Bildung Spätere Einschulung wird zu Problem für Kitas

Fast die Hälfte der Korridorkinder wird im Herbst nicht eingeschult und geht ein Jahr länger in den Kindergarten - mit deutlichen Folgen für die Kitas. Seit diesem Jahr können Eltern entscheiden, ob sie Kinder, die zwischen Juli und September sechs Jahre alt werden, einschulen oder zurückstellen. Bisher entschieden die Schulleiter. Laut aktuellen Zahlen des Kultusministeriums werden zum kommenden Herbst tatsächlich deutlich mehr Kinder zurückgestellt als 2018. Diese Zahl steige seit Jahren, heißt es. Aber sie werde durch den Korridor "verstärkt". Von 32 216 Kindern werden 14 171 nicht eingeschult. Das sind 2800 Kinder mehr als 2018, ein bayernweiter Anstieg von neun Prozentpunkten. In Hof, Bayreuth und Schwabach steigt die Zahl sogar um 30 Prozentpunkte.

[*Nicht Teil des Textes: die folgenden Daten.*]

//! Scalars written from outside: worked texts, limits and failed pens.
ghost use Rattle.std.specs.Prelude.{◌≡◌, pos, ◌≤ℤ◌, true, false};
ghost use Rattle.std.specs.Str.{chars};
ghost use Rattle.yaml_base.specs.scalars.Analysis.{is_empty};
ghost use Rattle.yaml_pen.specs.Page.{IsReady};

mod items;
mod limits;
mod styles;

use std::alloc::Global;
use std::process::Abort;
use yaml_base::{
    YAML_CR_BREAK, YAML_CRLN_BREAK, YAML_FOLDED_SCALAR_STYLE, YAML_LITERAL_SCALAR_STYLE,
    YAML_LN_BREAK, YAML_PLAIN_SCALAR_STYLE, YAML_SINGLE_QUOTED_SCALAR_STYLE, YAML_UTF8_ENCODING,
    yaml_break_t, yaml_error_t, yaml_scalar_style_t,
};
use yaml_pen::Pen;
use yaml_scalar::{
    analyze_scalar, write_double_quoted_scalar, write_folded_scalar, write_literal_scalar,
    write_plain_scalar, write_single_quoted_scalar,
};

/// Makes a pen at the start of a text in UTF-8 whose lines end so, in LF if nothing is set, with a limit on the output's bytes.
fn new_pen_within(
    rt: &impl Abort,
    alloc: Global,
    limit: usize,
    line_break: yaml_break_t,
) -> Pen<Global>
    ensures { IsReady result }
{
    let mut pen = Pen::new(alloc).expect(rt, "no memory");
    pen.set_limit(limit);
    match line_break {
        YAML_CR_BREAK => pen.begin(YAML_UTF8_ENCODING, YAML_CR_BREAK),
        YAML_CRLN_BREAK => pen.begin(YAML_UTF8_ENCODING, YAML_CRLN_BREAK),
        _ => pen.begin(YAML_UTF8_ENCODING, YAML_LN_BREAK),
    }
    pen
}

/// Makes a pen at the start of a text in UTF-8 whose lines end in LF.
pub(super) fn new_pen(rt: &impl Abort, alloc: Global) -> Pen<Global>
    ensures { IsReady result }
{
    new_pen_within(rt, alloc, usize::MAX, YAML_LN_BREAK)
}

/// The settings by which scalars are written.
#[derive(Drop)]
struct Layout {
    unicode: bool,
    allow_breaks: bool,
    flow: bool,
    indent: i32,
    best_indent: i32,
    width: i32,
}

/// Returns whether the block styles are allowed, so the value isn't empty.
fn is_allowed(value: &str) -> bool
    ensures { result ≡ true → is_empty (chars value.now) ≡ false }
{
    analyze_scalar(value, true, false).block_allowed
}

// Writes in a style for one line: between double quotes if neither of the others is asked for.
fn write_in_line(
    pen: &mut Pen<Global>,
    layout: &Layout,
    style: yaml_scalar_style_t,
    value: &str,
    indent: i32,
) -> Result<(), yaml_error_t>
    requires ready { IsReady pen.old }
    requires least { pos 2 ≤ℤ indent }
    ensures { IsReady pen.new }
{
    let (folds, width) = (layout.allow_breaks, layout.width);
    match style {
        YAML_PLAIN_SCALAR_STYLE => {
            write_plain_scalar(pen, value, folds, layout.flow, indent, width)
        }
        YAML_SINGLE_QUOTED_SCALAR_STYLE => {
            write_single_quoted_scalar(pen, value, folds, indent, width)
        }
        _ => write_double_quoted_scalar(pen, value, folds, layout.unicode, indent, width),
    }
}

/// Writes in a style. Returns the open-ended state; -1 if no setting indents so.
fn write_in(
    pen: &mut Pen<Global>,
    layout: &Layout,
    style: yaml_scalar_style_t,
    value: &str,
) -> Result<i32, yaml_error_t>
    requires { IsReady pen.old }
    ensures { IsReady pen.new }
{
    let (indent, best_indent) = (layout.indent, layout.best_indent);
    if best_indent < 2 || best_indent > 9 || indent < best_indent {
        return Ok(-1);
    }
    match style {
        YAML_LITERAL_SCALAR_STYLE if is_allowed(value) => {
            write_literal_scalar(pen, value, indent, best_indent)
        }
        YAML_FOLDED_SCALAR_STYLE if is_allowed(value) => {
            write_folded_scalar(pen, value, indent, best_indent, layout.width)
        }
        _ => {
            write_in_line(pen, layout, style, value, indent)?;
            Ok(0)
        }
    }
}
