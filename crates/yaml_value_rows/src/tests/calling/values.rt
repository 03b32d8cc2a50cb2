//! Values, a call each.
use crate::tests::{answers, equal, finished, same, writer};
use std::alloc::Global;
use std::process::Abort;
use yaml_writer::{
    Date, DocumentEnd, SpecialFloat, Time, Timestamp, Writer, YAML_BLOCK_MAPPING_STYLE,
    YAML_DOUBLE_QUOTED_SCALAR_STYLE, YAML_FLOW_SEQUENCE_STYLE, value_settings, write_timestamp,
    yaml_error_t,
};

/// Gives a mapping of a text and of a sequence of values.
fn give_values(writer: &mut Writer<Global>) -> Result<(), yaml_error_t> {
    writer.begin_mapping(YAML_BLOCK_MAPPING_STYLE)?;
    writer.text("country")?;
    writer.text("no")?;
    writer.text("values")?;
    writer.begin_sequence(YAML_FLOW_SEQUENCE_STYLE)?;
    writer.int(-5)?;
    writer.bool(true)?;
    writer.null()?;
    writer.unsigned(5)?;
    writer.special_float(SpecialFloat::Infinity)?;
    writer.end()?;
    writer.text("motto")?;
    writer.text_styled(YAML_DOUBLE_QUOTED_SCALAR_STYLE, "go on")?;
    writer.end()
}

/// Returns a document of this mapping.
fn values(alloc: Global) -> Result<Vec<u8>, yaml_error_t> {
    let mut writer = Writer::new(alloc, value_settings())?;
    give_values(&mut writer)?;
    writer.finish()
}

/// Ends all that is open, with null for a node that is awaited, and the stream with `...`.
fn ended(mut writer: Writer<Global>) -> Result<Vec<u8>, yaml_error_t> {
    if writer.awaits_node() {
        writer.null()?;
    }
    for _ in 0..writer.depth() {
        writer.end()?;
    }
    writer.finish_with(DocumentEnd::Explicit)
}

/// Gives a mapping of a text with an anchor and a tag, and of an alias for it.
fn give_shared(writer: &mut Writer<Global>) -> Result<(), yaml_error_t> {
    writer.begin_mapping(YAML_BLOCK_MAPPING_STYLE)?;
    writer.text("from")?;
    writer.anchored("place")?;
    writer.tagged("!city")?;
    writer.text("Oslo")?;
    writer.text("to")?;
    writer.alias("place")?;
    writer.end()
}

/// Returns a day, and a minute of it; `None` if the clock shows no such time.
fn minute(date: Date, hour: u8, minute: u8) -> Option<Timestamp> {
    let time = Time::new(hour, minute, 0, 0, None)?;
    Some(Timestamp {
        date,
        time: Some(time),
    })
}

/// Gives a mapping of a day and of a minute.
fn give_times(
    writer: &mut Writer<Global>,
    date: Date,
    minute: &Timestamp,
) -> Result<(), yaml_error_t> {
    writer.begin_mapping(YAML_BLOCK_MAPPING_STYLE)?;
    writer.text("day")?;
    write_timestamp(writer, &Timestamp { date, time: None })?;
    writer.text("at")?;
    write_timestamp(writer, minute)?;
    writer.end()
}

/// Ends a document with `...`, begins the next, and sends the bytes that were flushed since the last call.
fn send_document(writer: &mut Writer<Global>, sent: &mut Vec<u8>) -> Result<(), yaml_error_t> {
    writer.next_document_after(DocumentEnd::Explicit)?;
    let part = writer.take_output();
    sent.extend_from_slice(part.as_slice())
        .map_err(|_| yaml_error_t::Memory)
}

/// Gives a list in a list, whose second item has only its tag.
fn give_begun(writer: &mut Writer<Global>) -> Result<(), yaml_error_t> {
    writer.begin_sequence(YAML_FLOW_SEQUENCE_STYLE)?;
    writer.begin_sequence(YAML_FLOW_SEQUENCE_STYLE)?;
    writer.text("a")?;
    writer.tagged("!b")
}

/// Checks that two lists are open, and a node is awaited.
fn check_begun(rt: &impl Abort, writer: &mut Writer<Global>) {
    equal(rt, &give_begun(writer), &Ok(()));
    let open = (writer.depth(), writer.awaits_node());
    equal(rt, &open, &(2, true));
}

#[test]
fn values_are_written_and_what_is_open_is_ended(rt: HostRuntime) {
    let expected = "---\ncountry: 'no'\nvalues: [-5, true, null, 5, .inf]\nmotto: \"go on\"\n";
    answers(&rt, values(rt.alloc()), &Ok(expected));
    let mut writer = writer(&rt, rt.alloc(), value_settings());
    check_begun(&rt, &mut writer);
    answers(&rt, ended(writer), &Ok("--- [[a, !b null]]\n...\n"));
}

/// Sends an alias, times and texts in documents, one by one, but for the last.
fn send_documents(
    writer: &mut Writer<Global>,
    sent: &mut Vec<u8>,
    date: Date,
    minute: &Timestamp,
) -> Result<(), yaml_error_t> {
    give_shared(writer)?;
    send_document(writer, sent)?;
    give_times(writer, date, minute)?;
    send_document(writer, sent)?;
    writer.text("a")?;
    send_document(writer, sent)?;
    writer.text("b")
}

fn check_sent(rt: &impl Abort, alloc: Global, writer: &mut Writer<Global>) {
    let date = Date::new(2001, 12, 14).expect(rt, "there is such a date");
    let at = minute(date, 21, 59).expect(rt, "there is such a time");
    let mut sent = Vec::new(alloc);
    let answer = send_documents(writer, &mut sent, date, &at);
    equal(rt, &answer, &Ok(()));
    let documents = "---\nfrom: &place !city Oslo\nto: *place\n...\n\
        ---\nday: 2001-12-14\nat: !!timestamp 2001-12-14T21:59:00Z\n...\n\
        --- a\n...\n";
    same(rt, sent.as_slice(), documents);
}

#[test]
fn documents_are_sent_one_by_one(rt: HostRuntime) {
    let mut writer = writer(&rt, rt.alloc(), value_settings());
    check_sent(&rt, rt.alloc(), &mut writer);
    answers(&rt, finished(writer), &Ok("--- b\n"));
    equal(&rt, &Date::new(2001, 2, 29), &None);
}
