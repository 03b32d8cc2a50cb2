//! TOML, written as YAML.
use crate::tests::same;
use std::alloc::Global;
use yaml_toml::{TomlError, ValueSettings, yaml_from_toml};

/// Returns the YAML of a TOML document.
fn yaml_of_toml(alloc: Global, text: &str) -> Result<Vec<u8>, TomlError> {
    yaml_from_toml(alloc, text, ValueSettings::default())
}

#[test]
fn a_document_is_written(rt: HostRuntime) {
    let text = "name = \"no\"\n[size]\nwidth = 0x10\n";
    let bytes = yaml_of_toml(rt.alloc(), text).ok().expect(&rt, "TOML");
    let expected = "---\nname: 'no'\nsize:\n  width: 16\n";
    same(&rt, bytes.as_slice(), expected);
}
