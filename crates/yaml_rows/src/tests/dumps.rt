//! Documents dumped, as tests write them.
mod composing;
mod events;
mod large;
mod steps;
mod streams;
mod texts;
mod typed;

use crate::tests::{directives, owned};
use std::alloc::{Allocator, Global};
use std::process::Abort;
use yaml_base::{
    YAML_ANY_SCALAR_STYLE, YAML_BLOCK_MAPPING_STYLE, YAML_BLOCK_SEQUENCE_STYLE,
    YAML_DOUBLE_QUOTED_SCALAR_STYLE, YAML_FLOW_MAPPING_STYLE, yaml_document_t, yaml_error_t,
    yaml_node_data_t, yaml_node_pair_t, yaml_node_t, yaml_version_directive_t,
};
use yaml_dump::{yaml_emitter_close, yaml_emitter_dump, yaml_emitter_dump_typed};
use yaml_emitter::yaml_emitter_t;

/// A node as tables write it.
#[derive(Clone, Copy)]
pub(super) enum Given<'a> {
    /// A string.
    Text(&'a str),
    /// A scalar's tag and value.
    Tagged(&'a str, &'a str),
    /// A scalar's tag and value between double quotes.
    Quoted(&'a str, &'a str),
    /// A block sequence of these nodes.
    Sequence(&'a [i32]),
    /// A block mapping of keys and values.
    Mapping(&'a [yaml_node_pair_t]),
    /// A flow mapping's tag, and its keys and values.
    Flow(&'a str, &'a [yaml_node_pair_t]),
}

fn copied<T: Copy, A: Allocator>(rt: &impl Abort, alloc: A, items: &[T]) -> Vec<T, A> {
    Vec::from_slice(alloc, items).expect(rt, "no memory")
}

/// Returns the tag that is given, or that of the kind.
fn node_tag<'a>(given: &Given<'a>) -> &'a str {
    match given {
        Given::Text(_) => "tag:yaml.org,2002:str",
        Given::Tagged(tag, _) | Given::Quoted(tag, _) | Given::Flow(tag, _) => tag,
        Given::Sequence(_) => "tag:yaml.org,2002:seq",
        Given::Mapping(_) => "tag:yaml.org,2002:map",
    }
}

/// Returns a scalar, or a collection.
fn contents<A: Allocator + Copy>(rt: &impl Abort, alloc: A, given: &Given) -> yaml_node_data_t<A> {
    match given {
        Given::Text(value) | Given::Tagged(_, value) => yaml_node_data_t::Scalar {
            value: owned(rt, alloc, value),
            style: YAML_ANY_SCALAR_STYLE,
        },
        Given::Quoted(_, value) => yaml_node_data_t::Scalar {
            value: owned(rt, alloc, value),
            style: YAML_DOUBLE_QUOTED_SCALAR_STYLE,
        },
        Given::Sequence(items) => yaml_node_data_t::Sequence {
            items: copied(rt, alloc, items),
            style: YAML_BLOCK_SEQUENCE_STYLE,
        },
        Given::Mapping(pairs) => yaml_node_data_t::Mapping {
            pairs: copied(rt, alloc, pairs),
            style: YAML_BLOCK_MAPPING_STYLE,
        },
        Given::Flow(_, pairs) => yaml_node_data_t::Mapping {
            pairs: copied(rt, alloc, pairs),
            style: YAML_FLOW_MAPPING_STYLE,
        },
    }
}

pub(super) fn nodes<A: Allocator + Copy>(
    rt: &impl Abort,
    alloc: A,
    given: &[Given],
) -> Vec<yaml_node_t<A>, A> {
    let mut nodes = Vec::with_capacity(alloc, given.len()).expect(rt, "no memory");
    for each in given {
        let node = yaml_node_t {
            tag: owned(rt, alloc, node_tag(each)),
            contents: contents(rt, alloc, each),
        };
        nodes.push(node).expect(rt, "no memory");
    }
    nodes
}

/// Returns a document of these nodes, without marks and directives.
fn document<A: Allocator + Copy>(rt: &impl Abort, alloc: A, given: &[Given]) -> yaml_document_t<A> {
    let nodes = nodes(rt, alloc, given);
    assert!(rt; nodes.len() <= 2_000_000);
    yaml_document_t::from_nodes(None, Vec::new(alloc), nodes, true, true).expect(
        rt,
        "each number names a node",
    )
}

/// The version of a document that has one.
pub(super) const VERSION: Option<yaml_version_directive_t> = Some(yaml_version_directive_t {
    major: 1,
    minor: 1,
});

/// Returns a document of these nodes, with a version, a directive, and a mark at its start.
pub(super) fn marked_document(
    rt: &impl Abort,
    alloc: Global,
    given: &[Given],
) -> yaml_document_t<Global> {
    let tags = directives(rt, alloc, r#"+DOC 0 - "!e!" "tag:e,2026:""#);
    let nodes = nodes(rt, alloc, given);
    assert!(rt; nodes.len() <= 2_000_000);
    let made = yaml_document_t::from_nodes(VERSION, tags, nodes, false, true);
    made.expect(rt, "each number names a node")
}

/// Dumps a document: an output is set.
fn dump<A: Allocator + Copy>(
    rt: &impl Abort,
    alloc: A,
    emitter: &mut yaml_emitter_t<A>,
    document: yaml_document_t<A>,
) -> Result<(), yaml_error_t> {
    assert!(rt; emitter.has_output());
    yaml_emitter_dump(alloc, emitter, document)
}

/// Dumps a document with its types: an output is set.
fn dump_typed<A: Allocator + Copy>(
    rt: &impl Abort,
    alloc: A,
    emitter: &mut yaml_emitter_t<A>,
    document: yaml_document_t<A>,
) -> Result<(), yaml_error_t> {
    assert!(rt; emitter.has_output());
    yaml_emitter_dump_typed(alloc, emitter, document)
}

/// Closes a stream that is opened.
fn close<A: Allocator + Copy>(
    rt: &impl Abort,
    emitter: &mut yaml_emitter_t<A>,
) -> Result<(), yaml_error_t> {
    assert!(rt; emitter.is_opened());
    yaml_emitter_close(emitter)
}
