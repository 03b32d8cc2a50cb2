//! Values of any type that implements `Serialize`.
use crate::tests::{equal, same};
use serde::Serialize;
use std::alloc::Global;
use std::io::Write;
use std::process::Abort;
use yaml_writer::{Writer, value_settings};

/// A host, with its ports and its rule.
#[derive(Drop, Serialize)]
struct Host<'a> {
    name: &'a str,
    ports: Vec<u16>,
    rule: Rule,
}

#[derive(Drop, Serialize)]
enum Rule {
    Open,
    Limited { rate: f64 },
}

/// Returns the YAML of some hosts.
fn hosts_yaml(alloc: Global, hosts: &Vec<Host<'_>>) -> Result<String, yaml_serde::Error> {
    yaml_serde::to_string(alloc, hosts)
}

fn hosts(rt: &impl Abort, alloc: Global) -> Vec<Host<'static>> {
    let open = Host {
        name: "no",
        ports: vec![in alloc; 80, 443].expect(rt, "no memory"),
        rule: Rule::Open,
    };
    let limited = Host {
        name: "alpha",
        ports: Vec::new(alloc),
        rule: Rule::Limited { rate: 1e9 },
    };
    vec![in alloc; open, limited].expect(rt, "no memory")
}

#[test]
fn hosts_are_written(rt: HostRuntime) {
    let expected =
        "---\n- name: 'no'\n  ports:\n    - 80\n    - 443\n  rule: Open\n- name: alpha\n  ports: []\n  rule: !Limited\n    rate: 1000000000.0\n";
    let yaml = hosts_yaml(rt.alloc(), &hosts(&rt, rt.alloc()));
    let yaml = yaml.expect(&rt, "hosts that are written");
    equal(&rt, &yaml.as_str(), &expected);
}

/// Gives JSON values as documents, each handed on to a sink as the next begins.
fn give_each<W: Write>(
    alloc: Global,
    writer: &mut Writer<Global>,
    values: &[serde_json::Value],
    sink: &mut W,
) -> Result<(), yaml_serde::Error> {
    for (index, value) in values.iter().enumerate() {
        if index > 0 {
            writer.next_document()?;
            writer.send(sink)?;
        }
        yaml_serde::write(alloc, writer, value)?;
    }
    Ok(())
}

/// Sends JSON values as the documents of a stream.
fn send_each<W: Write>(
    alloc: Global,
    values: &[serde_json::Value],
    sink: &mut W,
) -> Result<(), yaml_serde::Error> {
    let mut writer = Writer::new(alloc, value_settings())?;
    give_each(alloc, &mut writer, values, sink)?;
    let rest = writer.finish()?;
    sink.write_all(rest.as_slice())?;
    Ok(())
}

/// Returns the value of a JSON text.
fn json(rt: &impl Abort, alloc: Global, text: &str) -> serde_json::Value {
    serde_json::Value::from_str(alloc, text).expect(rt, "JSON")
}

#[test]
fn json_values_are_documents(rt: HostRuntime) {
    let alloc = rt.alloc();
    let values = [
        json(&rt, alloc, "{\"no\": [1, null]}"),
        json(&rt, alloc, "\"a\""),
    ];
    let mut sink = Vec::new(alloc);
    let answer = send_each(alloc, &values, &mut sink);
    equal(&rt, &answer.is_ok(), &true);
    drop(answer);
    drop(values);
    same(&rt, sink.as_slice(), "---\n'no':\n  - 1\n  - null\n--- a\n");
}
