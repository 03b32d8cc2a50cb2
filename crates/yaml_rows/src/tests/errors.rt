//! Errors of the library in a caller that returns `anyhow::Result`.
use crate::tests::emitters::{UNSET, give, made};
use crate::tests::{check_words, same};
use std::alloc::Global;
use std::process::Abort;
use yaml_base::{NodeNumber, YAML_STREAM_END_EVENT};
use yaml_emitter::{Settings, yaml_emitter_t};

const HUNDRED: Settings = Settings {
    limit: 100,
    ..UNSET
};

/// Emits an event that no stream begins with.
fn emit_the_end(rt: &impl Abort, emitter: &mut yaml_emitter_t<Global>) -> anyhow::Result<()> {
    give(rt, emitter, YAML_STREAM_END_EVENT)?;
    Ok(())
}

/// Fails by that number, as `yaml_document_t::from_nodes` does.
fn outside(number: NodeNumber) -> anyhow::Result<()> {
    let found: Result<(), NodeNumber> = Err(number);
    found?;
    Ok(())
}

// The answer is an error with these words.
fn check_reported(rt: &impl Abort, alloc: Global, answer: anyhow::Result<()>, words: &str) {
    match answer {
        Ok(()) => same(rt, b"", words.as_bytes()),
        Err(error) => {
            check_words(rt, alloc, &error, words);
            drop(error);
        }
    }
}

#[test]
fn a_caller_passes_errors_on(rt: HostRuntime) {
    let mut emitter = made(&rt, rt.alloc(), &HUNDRED);
    let refused = emit_the_end(&rt, &mut emitter);
    drop(emitter);
    check_reported(&rt, rt.alloc(), refused, "expected STREAM-START");
    let numbered = outside(NodeNumber(-7));
    check_reported(&rt, rt.alloc(), numbered, "no node has the number -7");
}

München berichtet bereits von Kitas, in denen Dreijährige deshalb wohl keinen Platz mehr haben. Anderen Kommunen geht es laut Bayerischem Städtetag ähnlich, eine Lösung ist nicht in Sicht. Eltern haben aber einen Rechtsanspruch auf einen Platz. Lösungen hat auch Sozialministerin Kerstin Schreyer (CSU) nicht. Sie empfiehlt enge Kommunikation zwischen Schulen und Kitas, und äußert Verständnis für die Kritiker: Die Umsetzung sei "alles andere als glücklich verlaufen". Die Entscheidungsfrist der Eltern sei mit dem Sozialministerium nicht abgestimmt worden - und wird von 2020 an auf März vorverlegt, um Planungschaos zu vermeiden. Eine Forderung, die auch die Grünen äußerten.

Schulminister Michael Piazolo (Freie Wähler) hatte den Korridor zu Jahresbeginn eingeführt, um Mitspracherechte der Eltern zu stärken. Eine entsprechende Online-Petition gegen die "Früheinschulung" hatte er schon unterstützt als er noch Oppositioneller war und ließ den Korridor in den Koalitionsvertrag schreiben. 22 000 Unterstützer verzeichnet die Petition. Bei Kommunen und bayerischem Lehrer- und Lehrerinnenverband hatte die Einführung des Korridors allerdings scharfe Kritik ausgelöst. BLLV-Präsidentin Simone Fleischmann wirft Piazolo eine "hektische Umstellung" vor, die Unruhe an den Schulen auslöste und ein falsches Signal sende: Kinder vor Schule schützen zu müssen. BLLV und Schulräte seien frühzeitig eingebunden worden, heißt es dagegen aus dem Kultusministerium, und der Korridor entlaste die Schulen von Verwaltungsaufwand.